REPTIL.

 


Cuando tenía cuatro añitos mi madre me posaba la cabeza sobre sus enormes tetas, y me quedaba dormido al instante. 

Sentía aquel calor, el movimiento suave y acompasado de su respiración, el sonido de su corazón.

 Recuerdo que en aquel regazo no tenía miedo a nada.

-Yo estaba locamente enamorado de mi madre.

-Tiempo después quedé marcado por aquella extraña anomalía.

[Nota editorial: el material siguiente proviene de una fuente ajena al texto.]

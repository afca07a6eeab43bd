// Tables made by a few joins, with the parts and classes that were worked out by hand.
ghost use Rattle.std.specs.Prelude.{◌≡◌, ◌+◌, ◌<◌, ◌≤◌, [], ◌∷◌, Some, IfOk, codes};
ghost use Rattle.eclass_map.specs.ClassTable.{IsAdded, part_of_file, character_count};
ghost use Rattle.cs_base.specs.declared.positions.Part.{Part};

use cs_base::{Kind, Memory, Part, Pos, Steps, Tok};
use eclass_map::Classes;
use std::alloc::Global;
use std::marker::Brand;
use std::sync::ledger::{Blank, Ledger};

fn position(at: u32) -> Pos
    ensures { result ≡ record { file = 1; at = at } }
{
    Pos { file: 1, at }
}

fn part(at: u32, len: u32) -> Part
    ensures { result ≡ part_of_file 1 at len }
{
    Part {
        start: position(at),
        len,
    }
}

// Tokens `ab`, `a` and `b` at 0, 5 and 8 of file 1.
fn three_tokens(alloc: Global) -> Result<Classes, Memory>
    ensures { IfOk result (λ t. IsAdded t (part_of_file 1 0 2) × IsAdded t (part_of_file 1 5 1) × IsAdded t (part_of_file 1 8 1)) }
{
    let mut classes = Classes::new(alloc);
    classes.add_token(1, 0, 2)?;
    classes.add_token(1, 5, 1)?;
    classes.add_token(1, 8, 1)?;
    Ok(classes)
}

// `ab` is joined with what `a` and `b` were pasted to.
fn pasted<L: Ledger>(alloc: Global, blank: Blank) -> Result<Classes, Memory>
    requires name { blank.name ≡ L.name }
    requires parts { blank.parts ≡ L.parts }
    requires some { 0 < blank.parts }
{
    let mut classes = three_tokens(alloc)?;
    let declared = [Some(position(0)), Some(position(1))];
    let pasted = [Some(position(5)), Some(position(8))];
    let x = Tok::new(
        alloc,
        Kind::Ident,
        b"ab",
        &declared,
        false,
        position(0),
        1,
        true,
    )?;
    let y = Tok::new(
        alloc,
        Kind::Ident,
        b"ab",
        &pasted,
        false,
        position(5),
        1,
        true,
    )?;
    let mut steps = Steps::<L>::new(blank);
    classes.join(&x, &y, &mut steps);
    Ok(classes)
}

// The member after a part, none where it is no part.
fn after(classes: &Classes, part: Part) -> Option<Part> {
    if classes.class_of(part).is_none() {
        return None;
    }
    classes.next_member(part)
}

#[test]
fn a_pasted_name_cuts_a_declared_one(rt: HostRuntime) -> Result<(), Memory> {
    let classes = pasted::<Brand>(rt.alloc(), Blank::new(1))?;
    for (at, other) in [(0, 5), (1, 8)] {
        let first = Part {
            start: position(at),
            len: 1,
        };
        let second = Part {
            start: position(other),
            len: 1,
        };
        assert_eq!(rt; classes.part_at(position(at)), Some(first), "at {at}");
        assert_eq!(rt;
            classes.part_at(position(other)),
            Some(second),
            "at {other}"
        );
        let class = classes.class_of(first);
        assert!(rt; class.is_some(), "at {at}");
        assert_eq!(rt; class, classes.class_of(second), "at {at}");
        let number = class.unwrap_or(0);
        assert_eq!(rt; classes.first_member(number), Some(first), "at {at}");
        assert_eq!(rt; after(&classes, first), Some(second), "at {at}");
        assert_eq!(rt; after(&classes, second), None, "at {at}");
    }
    assert_eq!(rt; classes.part_at(position(2)), None);
    Ok(())
}

// Whether a token of two characters that come from these is whole.
fn is_whole_pair(alloc: Global, classes: &Classes, ats: [u32; 2]) -> Result<bool, Memory> {
    let origins = [Some(position(ats[0])), Some(position(ats[1]))];
    let tok = Tok::new(
        alloc,
        Kind::Ident,
        b"ab",
        &origins,
        false,
        position(ats[0]),
        1,
        true,
    )?;
    Ok(classes.is_whole(&tok))
}

#[test]
fn a_token_of_added_ones_is_whole(rt: HostRuntime) -> Result<(), Memory> {
    let classes = three_tokens(rt.alloc())?;
    for (ats, whole) in [
        ([0, 1], true),
        ([5, 8], true),
        ([8, 5], true),
        // Ends inside `ab`, begins inside it, and goes on elsewhere.
        ([5, 0], false),
        ([1, 5], false),
        ([0, 5], false),
        // No added token.
        ([5, 7], false),
    ] {
        assert_eq!(rt;
            is_whole_pair(rt.alloc(), &classes, ats)?,
            whole,
            "at {} and {}",
            ats[0],
            ats[1]
        );
    }
    Ok(())
}

// Tokens of one character at 0 and 2 and one of three at 4 of file 1.
fn short_tokens(alloc: Global) -> Result<Classes, Memory>
    ensures added { IfOk result (λ t. IsAdded t (part_of_file 1 0 1) × IsAdded t (part_of_file 1 2 1)) }
    ensures few { IfOk result (λ t. character_count t ≡ 5) }
    ensures near { IfOk result (λ t. (token : Part) → IsAdded t token → token.start.at + token.len ≤ 7) }
{
    let mut classes = Classes::new(alloc);
    classes.add_token(1, 0, 1)?;
    classes.add_token(1, 2, 1)?;
    classes.add_token(1, 4, 3)?;
    Ok(classes)
}

// A token of one character.
fn letter(alloc: Global, at: u32) -> Result<Tok, Memory>
    ensures { IfOk result (λ token. (token.text ≡ codes "a") × (token.origins ≡ Some (record { file = 1; at = at }) ∷ [])) }
{
    Tok::new(
        alloc,
        Kind::Ident,
        b"a",
        &[Some(position(at))],
        false,
        position(at),
        1,
        true,
    )
}

// The first two of these tokens are joined.
fn joined_letters<L: Ledger>(alloc: Global, blank: Blank) -> Result<Classes, Memory>
    requires name { blank.name ≡ L.name }
    requires parts { blank.parts ≡ L.parts }
    requires some { 0 < blank.parts }
    ensures few { IfOk result (λ t. character_count t ≡ 5) }
    ensures near { IfOk result (λ t. (token : Part) → IsAdded t token → token.start.at + token.len ≤ 7) }
{
    let mut classes = short_tokens(alloc)?;
    let x = letter(alloc, 0)?;
    let y = letter(alloc, 2)?;
    let mut steps = Steps::<L>::new(blank);
    classes.join(&x, &y, &mut steps);
    Ok(classes)
}

// The class of this number gets five characters, where there is one.
fn lengthen(classes: &mut Classes, class: u32) -> Result<(), Memory>
    requires few { character_count classes.old ≡ 5 }
    requires near { (token : Part) → IsAdded classes.old token → token.start.at + token.len ≤ 7 }
{
    if classes.first_member(class).is_some() {
        classes.resize(class, 5)?;
    }
    Ok(())
}

#[test]
fn a_longer_part_moves_what_stands_behind_it(rt: HostRuntime) -> Result<(), Memory> {
    let mut classes = joined_letters::<Brand>(rt.alloc(), Blank::new(1))?;
    let pair = classes.class_of(part(0, 1));
    let other = classes.class_of(part(4, 3));
    assert_eq!(rt; pair, Some(0));
    assert_eq!(rt; other, Some(2));
    lengthen(&mut classes, 0)?;
    for (at, len, class) in [(0, 5, pair), (6, 5, pair), (12, 3, other)] {
        assert_eq!(rt;
            classes.part_at(position(at)),
            Some(part(at, len)),
            "at {at}"
        );
        assert_eq!(rt; classes.class_of(part(at, len)), class, "at {at}");
    }
    assert_eq!(rt; classes.class_of(part(0, 1)), None);
    assert_eq!(rt; classes.part_at(position(15)), None);
    Ok(())
}
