// What a graph of calls is made of.
use cs_base::{Pos, Text};

/// What a node stands for.
#[derive(Clone, Copy, Debug, PartialEq, Eq)]
pub enum NodeKind {
    /// A macro (ISO/IEC 9899:1999, 6.10.3).
    Macro,
    /// A function (6.9.1).
    Function,
}

/// A macro or a function, with its place and its name.
#[derive(Drop)]
pub struct Node {
    pub kind: NodeKind,
    pub at: Pos,
    pub name: Text,
}

/// A call: the numbers of the node that calls and of the node that is called.
#[derive(Clone, Copy, Debug, PartialEq, Eq)]
pub struct Edge {
    pub caller: u32,
    pub callee: u32,
}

Me salió una lengua bífida, que se enrollaba en espiral sobre sí misma. Besaba siempre dos veces.

 -Era un prodigio-.

En condiciones normales, arrastrada por el pasillo de mi casa, medía cinco metros doscientos ocho centímetros. 

En los transportes urbanos, o cualquier aglomeracion públicas, cuando estaban repletos de seres humanos, mi lengua bífida se deslizaba, aparentemente, como una rama de yedra, reptaba,

elegía las hembras más apetecibles que llevasen faldas o pantalones amplios, y me deslizaba sigilosamente hasta alcanzar sus hermosos coños, para mover frenéticamente mi doble lengua en su parte más excitante y apetecible.

 Cataba sabores, cuencos de miel a veces, espesos muñones, bastos bosques, yermos solares, lógicas podredumbres.

 De todo había.

En la distancia me fijaba en la expresión de sus caras, entre toda la muchedumbre, como se retorcían de placer hasta llegar a correrse con gemidos estertóreos, doblándose sobre sí mismas, algunas derrumbándose sobre el suelo, presas de un loco frenesí, lo que causaban gran expectación y jocosidad en el entorno.

-No hubo penumbra de teatro, cine, o paraninfo para música,  conferencias, recitales de poesía  que no anduviese.

 -Tengo que decir que esa apetencia por los coños fue una desdicha para mí.

- Quizás un día os relate mis andanzas con mi extraña y enorme lengua bífida.

Si te enamoras de niño de tu madre serás un buen amante, y nunca te quedarás solo sobre las costillas de la calle. No te disolverás por una alcantarilla. Ni derramarás lágrimas sobre los arrayanes que dividen los parques.

- He mirado como miro: ojos de reptil, la boca abierta.

 Si has posado la cabeza así, en ese calor, arrullo estremecido al vaivén de las cosas, luces parpadeantes, y esas campanitas que sonaban en un cálido y blando hueco donde cerrabas los ojos y te dormías tan enamorado.